> Assigned task
Look through the records, and wherever the string "IfOk" turns up, copy out that line.

-------- Entries provided

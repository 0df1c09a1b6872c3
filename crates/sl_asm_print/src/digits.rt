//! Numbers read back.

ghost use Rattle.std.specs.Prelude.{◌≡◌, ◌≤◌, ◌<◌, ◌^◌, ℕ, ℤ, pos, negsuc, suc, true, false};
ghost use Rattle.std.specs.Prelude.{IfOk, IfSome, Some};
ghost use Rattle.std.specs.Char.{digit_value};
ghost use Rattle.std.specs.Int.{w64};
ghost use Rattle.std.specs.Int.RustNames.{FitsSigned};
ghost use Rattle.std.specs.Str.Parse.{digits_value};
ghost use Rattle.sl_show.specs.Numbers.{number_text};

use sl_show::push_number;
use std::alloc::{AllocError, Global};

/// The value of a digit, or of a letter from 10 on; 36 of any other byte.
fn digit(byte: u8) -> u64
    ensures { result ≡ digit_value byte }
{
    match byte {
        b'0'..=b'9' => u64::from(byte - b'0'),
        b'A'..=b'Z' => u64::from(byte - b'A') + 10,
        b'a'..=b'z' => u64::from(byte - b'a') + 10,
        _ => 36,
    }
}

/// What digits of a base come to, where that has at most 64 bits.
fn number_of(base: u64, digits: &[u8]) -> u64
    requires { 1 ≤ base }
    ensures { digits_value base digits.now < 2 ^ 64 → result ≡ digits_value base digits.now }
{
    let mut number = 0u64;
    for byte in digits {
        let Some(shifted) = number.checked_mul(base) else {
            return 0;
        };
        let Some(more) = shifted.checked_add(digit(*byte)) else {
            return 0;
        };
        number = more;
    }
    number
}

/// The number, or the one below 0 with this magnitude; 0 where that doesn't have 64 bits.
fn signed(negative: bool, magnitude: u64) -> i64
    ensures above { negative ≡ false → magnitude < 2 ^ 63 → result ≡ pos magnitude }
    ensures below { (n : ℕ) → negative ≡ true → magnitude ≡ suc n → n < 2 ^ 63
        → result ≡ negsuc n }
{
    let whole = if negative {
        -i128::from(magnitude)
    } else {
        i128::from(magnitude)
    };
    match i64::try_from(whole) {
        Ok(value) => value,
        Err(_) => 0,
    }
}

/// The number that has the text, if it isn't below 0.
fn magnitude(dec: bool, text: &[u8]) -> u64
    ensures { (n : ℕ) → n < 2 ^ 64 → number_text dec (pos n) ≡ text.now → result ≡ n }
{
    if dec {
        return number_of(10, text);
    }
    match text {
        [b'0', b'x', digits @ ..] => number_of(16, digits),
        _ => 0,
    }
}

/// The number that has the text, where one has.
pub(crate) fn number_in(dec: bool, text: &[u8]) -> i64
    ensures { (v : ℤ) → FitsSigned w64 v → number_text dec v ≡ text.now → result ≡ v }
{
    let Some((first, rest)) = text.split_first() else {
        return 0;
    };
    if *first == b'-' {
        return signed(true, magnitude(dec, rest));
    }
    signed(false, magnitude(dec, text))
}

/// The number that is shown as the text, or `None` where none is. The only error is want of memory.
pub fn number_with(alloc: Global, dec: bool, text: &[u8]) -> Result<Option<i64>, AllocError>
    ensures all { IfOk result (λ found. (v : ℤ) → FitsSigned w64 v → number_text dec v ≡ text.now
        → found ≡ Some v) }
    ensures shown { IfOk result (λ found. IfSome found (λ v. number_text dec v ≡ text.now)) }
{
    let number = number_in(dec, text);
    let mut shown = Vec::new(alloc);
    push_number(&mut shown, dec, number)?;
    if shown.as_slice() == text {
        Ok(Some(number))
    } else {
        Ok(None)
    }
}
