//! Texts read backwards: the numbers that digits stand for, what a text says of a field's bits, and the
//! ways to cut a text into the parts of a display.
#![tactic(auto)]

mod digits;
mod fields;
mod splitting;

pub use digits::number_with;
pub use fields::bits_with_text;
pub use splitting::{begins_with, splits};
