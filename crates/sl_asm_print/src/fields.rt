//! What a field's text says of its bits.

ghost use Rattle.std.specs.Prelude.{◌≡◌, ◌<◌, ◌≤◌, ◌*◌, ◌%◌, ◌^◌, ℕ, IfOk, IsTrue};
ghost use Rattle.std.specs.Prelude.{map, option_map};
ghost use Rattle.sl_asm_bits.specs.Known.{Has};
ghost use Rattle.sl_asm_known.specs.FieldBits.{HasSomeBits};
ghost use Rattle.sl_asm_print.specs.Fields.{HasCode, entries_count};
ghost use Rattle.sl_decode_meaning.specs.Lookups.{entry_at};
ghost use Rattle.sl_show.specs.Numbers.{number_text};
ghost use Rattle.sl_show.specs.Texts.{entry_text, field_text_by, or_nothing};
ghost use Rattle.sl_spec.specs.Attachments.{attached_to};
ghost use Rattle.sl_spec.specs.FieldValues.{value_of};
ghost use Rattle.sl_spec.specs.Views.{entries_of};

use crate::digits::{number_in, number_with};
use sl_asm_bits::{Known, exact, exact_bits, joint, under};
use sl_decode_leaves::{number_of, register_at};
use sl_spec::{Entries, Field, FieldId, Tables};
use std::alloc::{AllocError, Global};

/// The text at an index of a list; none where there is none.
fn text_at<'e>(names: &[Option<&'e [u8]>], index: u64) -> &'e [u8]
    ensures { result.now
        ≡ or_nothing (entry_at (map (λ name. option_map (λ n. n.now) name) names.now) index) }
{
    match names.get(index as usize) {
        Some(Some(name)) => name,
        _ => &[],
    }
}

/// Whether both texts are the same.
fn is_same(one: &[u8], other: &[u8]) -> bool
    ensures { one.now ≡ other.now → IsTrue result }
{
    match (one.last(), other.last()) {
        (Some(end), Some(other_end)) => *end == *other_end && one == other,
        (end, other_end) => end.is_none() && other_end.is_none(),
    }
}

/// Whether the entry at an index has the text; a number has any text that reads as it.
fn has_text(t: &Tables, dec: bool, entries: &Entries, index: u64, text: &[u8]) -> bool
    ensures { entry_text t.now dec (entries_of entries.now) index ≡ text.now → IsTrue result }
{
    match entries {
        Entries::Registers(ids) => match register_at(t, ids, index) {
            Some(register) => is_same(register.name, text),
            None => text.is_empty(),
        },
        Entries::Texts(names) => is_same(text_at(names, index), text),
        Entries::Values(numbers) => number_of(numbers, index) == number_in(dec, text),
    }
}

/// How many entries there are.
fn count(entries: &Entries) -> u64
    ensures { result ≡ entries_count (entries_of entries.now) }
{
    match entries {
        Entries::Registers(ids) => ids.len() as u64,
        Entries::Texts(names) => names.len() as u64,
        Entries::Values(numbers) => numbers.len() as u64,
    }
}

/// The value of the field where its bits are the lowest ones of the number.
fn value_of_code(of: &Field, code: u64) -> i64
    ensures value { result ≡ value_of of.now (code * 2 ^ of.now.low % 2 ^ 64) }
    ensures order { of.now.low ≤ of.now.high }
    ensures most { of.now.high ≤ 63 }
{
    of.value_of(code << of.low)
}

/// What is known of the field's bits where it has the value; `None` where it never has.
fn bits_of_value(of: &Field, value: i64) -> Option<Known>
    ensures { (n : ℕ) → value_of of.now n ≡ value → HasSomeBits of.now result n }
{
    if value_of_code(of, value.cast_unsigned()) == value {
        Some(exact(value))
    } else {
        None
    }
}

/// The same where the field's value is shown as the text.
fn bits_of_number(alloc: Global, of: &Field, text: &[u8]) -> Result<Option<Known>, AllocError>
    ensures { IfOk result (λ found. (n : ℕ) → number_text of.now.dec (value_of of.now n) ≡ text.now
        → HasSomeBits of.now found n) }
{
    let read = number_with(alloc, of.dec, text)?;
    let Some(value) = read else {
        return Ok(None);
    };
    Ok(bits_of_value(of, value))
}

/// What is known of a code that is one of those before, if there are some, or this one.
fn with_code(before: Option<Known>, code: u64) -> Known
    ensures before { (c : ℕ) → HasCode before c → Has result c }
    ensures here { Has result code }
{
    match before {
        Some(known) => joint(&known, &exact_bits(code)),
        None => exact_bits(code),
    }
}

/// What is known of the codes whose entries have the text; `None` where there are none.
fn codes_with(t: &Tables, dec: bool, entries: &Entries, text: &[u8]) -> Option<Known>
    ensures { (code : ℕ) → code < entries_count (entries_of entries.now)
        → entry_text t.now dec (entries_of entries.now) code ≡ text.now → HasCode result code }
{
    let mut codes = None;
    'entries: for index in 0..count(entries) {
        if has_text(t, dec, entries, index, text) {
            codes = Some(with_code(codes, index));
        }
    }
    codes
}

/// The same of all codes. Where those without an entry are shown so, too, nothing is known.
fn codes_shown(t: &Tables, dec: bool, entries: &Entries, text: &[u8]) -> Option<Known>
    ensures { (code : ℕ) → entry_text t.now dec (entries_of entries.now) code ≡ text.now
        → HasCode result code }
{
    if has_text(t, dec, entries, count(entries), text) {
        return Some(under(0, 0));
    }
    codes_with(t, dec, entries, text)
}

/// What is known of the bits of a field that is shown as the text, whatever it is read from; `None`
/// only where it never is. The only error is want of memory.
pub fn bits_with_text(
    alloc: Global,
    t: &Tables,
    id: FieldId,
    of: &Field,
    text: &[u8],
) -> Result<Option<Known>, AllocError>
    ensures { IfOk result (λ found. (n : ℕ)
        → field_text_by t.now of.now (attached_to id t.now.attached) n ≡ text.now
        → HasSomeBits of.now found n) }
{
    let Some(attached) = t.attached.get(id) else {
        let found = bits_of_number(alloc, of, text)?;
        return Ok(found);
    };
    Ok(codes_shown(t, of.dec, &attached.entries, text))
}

----------------

> Solution for this exercise
ghost use Rattle.std.specs.Prelude.{IfOk, IfSome, Some};
    ensures all { IfOk result (λ found. (v : ℤ) → FitsSigned w64 v → number_text dec v ≡ text.now
    ensures shown { IfOk result (λ found. IfSome found (λ v. number_text dec v ≡ text.now)) }
ghost use Rattle.std.specs.Prelude.{◌≡◌, ◌<◌, ◌≤◌, ◌*◌, ◌%◌, ◌^◌, ℕ, IfOk, IsTrue};
    ensures { IfOk result (λ found. (n : ℕ) → number_text of.now.dec (value_of of.now n) ≡ text.now
    ensures { IfOk result (λ found. (n : ℕ)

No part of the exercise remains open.